● Task objective: Each entry below must be repeated word for word.

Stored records
----

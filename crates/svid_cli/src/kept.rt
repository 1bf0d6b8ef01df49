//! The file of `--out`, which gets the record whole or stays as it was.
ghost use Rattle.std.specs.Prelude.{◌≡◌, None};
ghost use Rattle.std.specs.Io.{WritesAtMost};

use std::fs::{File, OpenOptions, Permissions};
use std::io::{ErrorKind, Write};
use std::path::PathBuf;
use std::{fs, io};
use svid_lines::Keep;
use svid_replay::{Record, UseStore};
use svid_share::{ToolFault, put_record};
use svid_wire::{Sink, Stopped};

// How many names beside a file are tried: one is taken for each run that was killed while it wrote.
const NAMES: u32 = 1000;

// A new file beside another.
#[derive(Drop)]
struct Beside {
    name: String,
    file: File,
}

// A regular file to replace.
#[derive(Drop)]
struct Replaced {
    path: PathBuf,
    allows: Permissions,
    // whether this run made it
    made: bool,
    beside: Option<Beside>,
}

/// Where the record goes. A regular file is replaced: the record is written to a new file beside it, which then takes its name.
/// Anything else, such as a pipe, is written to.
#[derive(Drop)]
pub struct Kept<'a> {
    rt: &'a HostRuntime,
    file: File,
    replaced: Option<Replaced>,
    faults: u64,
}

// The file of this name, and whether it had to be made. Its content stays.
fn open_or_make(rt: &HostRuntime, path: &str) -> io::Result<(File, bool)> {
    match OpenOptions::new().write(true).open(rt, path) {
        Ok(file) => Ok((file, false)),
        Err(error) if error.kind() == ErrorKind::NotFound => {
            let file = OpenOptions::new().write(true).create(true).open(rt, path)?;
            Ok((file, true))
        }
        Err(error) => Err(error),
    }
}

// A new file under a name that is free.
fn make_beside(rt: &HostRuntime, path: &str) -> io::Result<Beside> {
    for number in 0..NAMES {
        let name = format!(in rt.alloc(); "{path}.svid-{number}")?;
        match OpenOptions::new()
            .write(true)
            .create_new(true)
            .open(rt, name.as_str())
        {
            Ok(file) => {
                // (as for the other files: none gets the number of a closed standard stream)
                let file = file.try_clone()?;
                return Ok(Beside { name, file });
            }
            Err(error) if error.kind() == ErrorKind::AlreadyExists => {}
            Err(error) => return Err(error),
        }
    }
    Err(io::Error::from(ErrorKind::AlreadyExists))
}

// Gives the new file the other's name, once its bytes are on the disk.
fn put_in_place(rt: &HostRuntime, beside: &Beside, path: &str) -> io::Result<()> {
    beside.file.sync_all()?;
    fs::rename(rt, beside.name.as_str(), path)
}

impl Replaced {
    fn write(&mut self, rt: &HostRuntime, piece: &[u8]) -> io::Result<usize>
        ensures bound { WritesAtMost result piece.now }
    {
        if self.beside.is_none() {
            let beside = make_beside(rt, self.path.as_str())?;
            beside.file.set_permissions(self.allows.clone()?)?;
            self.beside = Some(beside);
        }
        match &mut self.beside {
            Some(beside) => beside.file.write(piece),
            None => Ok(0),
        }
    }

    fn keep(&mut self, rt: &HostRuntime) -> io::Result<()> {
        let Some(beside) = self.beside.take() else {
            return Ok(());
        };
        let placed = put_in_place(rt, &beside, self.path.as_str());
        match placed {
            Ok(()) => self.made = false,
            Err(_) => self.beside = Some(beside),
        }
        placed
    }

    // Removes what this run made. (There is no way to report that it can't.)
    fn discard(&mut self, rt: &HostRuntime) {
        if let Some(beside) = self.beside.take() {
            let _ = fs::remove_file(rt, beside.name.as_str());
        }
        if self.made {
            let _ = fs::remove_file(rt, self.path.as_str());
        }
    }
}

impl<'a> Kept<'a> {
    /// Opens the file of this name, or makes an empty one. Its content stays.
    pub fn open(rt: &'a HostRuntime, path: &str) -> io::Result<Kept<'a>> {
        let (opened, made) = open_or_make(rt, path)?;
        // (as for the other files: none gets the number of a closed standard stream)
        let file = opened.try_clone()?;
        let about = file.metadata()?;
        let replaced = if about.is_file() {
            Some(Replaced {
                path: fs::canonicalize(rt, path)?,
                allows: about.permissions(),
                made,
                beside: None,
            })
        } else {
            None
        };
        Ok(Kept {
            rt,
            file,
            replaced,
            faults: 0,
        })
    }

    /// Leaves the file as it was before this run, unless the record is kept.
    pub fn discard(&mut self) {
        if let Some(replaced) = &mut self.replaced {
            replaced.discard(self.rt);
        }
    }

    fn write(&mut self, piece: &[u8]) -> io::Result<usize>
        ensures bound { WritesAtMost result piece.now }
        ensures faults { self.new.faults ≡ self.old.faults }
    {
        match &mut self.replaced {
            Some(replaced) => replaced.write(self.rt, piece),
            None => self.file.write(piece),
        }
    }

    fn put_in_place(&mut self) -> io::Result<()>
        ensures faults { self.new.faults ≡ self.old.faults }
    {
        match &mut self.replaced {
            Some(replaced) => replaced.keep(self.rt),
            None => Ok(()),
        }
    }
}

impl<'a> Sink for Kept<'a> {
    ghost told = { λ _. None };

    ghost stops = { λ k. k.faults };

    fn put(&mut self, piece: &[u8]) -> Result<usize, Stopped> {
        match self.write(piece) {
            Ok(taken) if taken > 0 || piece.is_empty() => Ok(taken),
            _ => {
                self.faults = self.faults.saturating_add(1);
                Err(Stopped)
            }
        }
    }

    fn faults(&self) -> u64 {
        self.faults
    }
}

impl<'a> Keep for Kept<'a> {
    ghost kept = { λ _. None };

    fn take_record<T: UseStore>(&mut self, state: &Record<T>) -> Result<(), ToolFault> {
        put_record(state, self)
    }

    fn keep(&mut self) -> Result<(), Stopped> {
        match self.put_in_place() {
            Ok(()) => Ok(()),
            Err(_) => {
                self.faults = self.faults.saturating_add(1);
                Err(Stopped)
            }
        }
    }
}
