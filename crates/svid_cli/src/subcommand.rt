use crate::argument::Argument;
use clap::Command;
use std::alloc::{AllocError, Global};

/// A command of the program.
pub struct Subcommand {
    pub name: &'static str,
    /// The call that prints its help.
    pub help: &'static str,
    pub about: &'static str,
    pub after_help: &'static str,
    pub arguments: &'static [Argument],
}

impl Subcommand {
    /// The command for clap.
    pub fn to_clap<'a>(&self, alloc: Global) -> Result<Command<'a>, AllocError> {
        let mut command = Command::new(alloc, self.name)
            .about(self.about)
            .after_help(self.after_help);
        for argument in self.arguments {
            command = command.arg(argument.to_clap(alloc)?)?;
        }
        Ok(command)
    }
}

----

● Solution:
filename crates/svid_cli/src/kept.rt
repository 1bf0d6b8ef01df49
//! The file of `--out`, which gets the record whole or stays as it was.
ghost use Rattle.std.specs.Prelude.{◌≡◌, None};
ghost use Rattle.std.specs.Io.{WritesAtMost};

use std::fs::{File, OpenOptions, Permissions};
use std::io::{ErrorKind, Write};
use std::path::PathBuf;
use std::{fs, io};
use svid_lines::Keep;
use svid_replay::{Record, UseStore};
use svid_share::{ToolFault, put_record};
use svid_wire::{Sink, Stopped};

// How many names beside a file are tried: one is taken for each run that was killed while it wrote.
const NAMES: u32 = 1000;

// A new file beside another.
#[derive(Drop)]
struct Beside {
    name: String,
    file: File,
}

// A regular file to replace.
#[derive(Drop)]
struct Replaced {
    path: PathBuf,
    allows: Permissions,
    // whether this run made it
    made: bool,
    beside: Option<Beside>,
}

/// Where the record goes. A regular file is replaced: the record is written to a new file beside it, which then takes its name.
/// Anything else, such as a pipe, is written to.
#[derive(Drop)]
pub struct Kept<'a> {
    rt: &'a HostRuntime,
    file: File,
    replaced: Option<Replaced>,
    faults: u64,
}

// The file of this name, and whether it had to be made. Its content stays.
fn open_or_make(rt: &HostRuntime, path: &str) -> io::Result<(File, bool)> {
    match OpenOptions::new().write(true).open(rt, path) {
        Ok(file) => Ok((file, false)),
        Err(error) if error.kind() == ErrorKind::NotFound => {
            let file = OpenOptions::new().write(true).create(true).open(rt, path)?;
            Ok((file, true))
        }
        Err(error) => Err(error),
    }
}

// A new file under a name that is free.
fn make_beside(rt: &HostRuntime, path: &str) -> io::Result<Beside> {
    for number in 0..NAMES {
        let name = format!(in rt.alloc(); "{path}.svid-{number}")?;
        match OpenOptions::new()
            .write(true)
            .create_new(true)
            .open(rt, name.as_str())
        {
            Ok(file) => {
                // (as for the other files: none gets the number of a closed standard stream)
                let file = file.try_clone()?;
                return Ok(Beside { name, file });
            }
            Err(error) if error.kind() == ErrorKind::AlreadyExists => {}
            Err(error) => return Err(error),
        }
    }
    Err(io::Error::from(ErrorKind::AlreadyExists))
}

// Gives the new file the other's name, once its bytes are on the disk.
fn put_in_place(rt: &HostRuntime, beside: &Beside, path: &str) -> io::Result<()> {
    beside.file.sync_all()?;
    fs::rename(rt, beside.name.as_str(), path)
}

impl Replaced {
    fn write(&mut self, rt: &HostRuntime, piece: &[u8]) -> io::Result<usize>
        ensures bound { WritesAtMost result piece.now }
    {
        if self.beside.is_none() {
            let beside = make_beside(rt, self.path.as_str())?;
            beside.file.set_permissions(self.allows.clone()?)?;
            self.beside = Some(beside);
        }
        match &mut self.beside {
            Some(beside) => beside.file.write(piece),
            None => Ok(0),
        }
    }

    fn keep(&mut self, rt: &HostRuntime) -> io::Result<()> {
        let Some(beside) = self.beside.take() else {
            return Ok(());
        };
        let placed = put_in_place(rt, &beside, self.path.as_str());
        match placed {
            Ok(()) => self.made = false,
            Err(_) => self.beside = Some(beside),
        }
        placed
    }

    // Removes what this run made. (There is no way to report that it can't.)
    fn discard(&mut self, rt: &HostRuntime) {
        if let Some(beside) = self.beside.take() {
            let _ = fs::remove_file(rt, beside.name.as_str());
        }
        if self.made {
            let _ = fs::remove_file(rt, self.path.as_str());
        }
    }
}

impl<'a> Kept<'a> {
    /// Opens the file of this name, or makes an empty one. Its content stays.
    pub fn open(rt: &'a HostRuntime, path: &str) -> io::Result<Kept<'a>> {
        let (opened, made) = open_or_make(rt, path)?;
        // (as for the other files: none gets the number of a closed standard stream)
        let file = opened.try_clone()?;
        let about = file.metadata()?;
        let replaced = if about.is_file() {
            Some(Replaced {
                path: fs::canonicalize(rt, path)?,
                allows: about.permissions(),
                made,
                beside: None,
            })
        } else {
            None
        };
        Ok(Kept {
            rt,
            file,
            replaced,
            faults: 0,
        })
    }

    /// Leaves the file as it was before this run, unless the record is kept.
    pub fn discard(&mut self) {
        if let Some(replaced) = &mut self.replaced {
            replaced.discard(self.rt);
        }
    }

    fn write(&mut self, piece: &[u8]) -> io::Result<usize>
        ensures bound { WritesAtMost result piece.now }
        ensures faults { self.new.faults ≡ self.old.faults }
    {
        match &mut self.replaced {
            Some(replaced) => replaced.write(self.rt, piece),
            None => self.file.write(piece),
        }
    }

    fn put_in_place(&mut self) -> io::Result<()>
        ensures faults { self.new.faults ≡ self.old.faults }
    {
        match &mut self.replaced {
            Some(replaced) => replaced.keep(self.rt),
            None => Ok(()),
        }
    }
}

impl<'a> Sink for Kept<'a> {
    ghost told = { λ _. None };

    ghost stops = { λ k. k.faults };

    fn put(&mut self, piece: &[u8]) -> Result<usize, Stopped> {
        match self.write(piece) {
            Ok(taken) if taken > 0 || piece.is_empty() => Ok(taken),
            _ => {
                self.faults = self.faults.saturating_add(1);
                Err(Stopped)
            }
        }
    }

    fn faults(&self) -> u64 {
        self.faults
    }
}

impl<'a> Keep for Kept<'a> {
    ghost kept = { λ _. None };

    fn take_record<T: UseStore>(&mut self, state: &Record<T>) -> Result<(), ToolFault> {
        put_record(state, self)
    }

    fn keep(&mut self) -> Result<(), Stopped> {
        match self.put_in_place() {
            Ok(()) => Ok(()),
            Err(_) => {
                self.faults = self.faults.saturating_add(1);
                Err(Stopped)
            }
        }
    }
}
filename crates/svid_cli/src/subcommand.rt
use crate::argument::Argument;
use clap::Command;
use std::alloc::{AllocError, Global};

/// A command of the program.
pub struct Subcommand {
    pub name: &'static str,
    /// The call that prints its help.
    pub help: &'static str,
    pub about: &'static str,
    pub after_help: &'static str,
    pub arguments: &'static [Argument],
}

impl Subcommand {
    /// The command for clap.
    pub fn to_clap<'a>(&self, alloc: Global) -> Result<Command<'a>, AllocError> {
        let mut command = Command::new(alloc, self.name)
            .about(self.about)
            .after_help(self.after_help);
        for argument in self.arguments {
            command = command.arg(argument.to_clap(alloc)?)?;
        }
        Ok(command)
    }
}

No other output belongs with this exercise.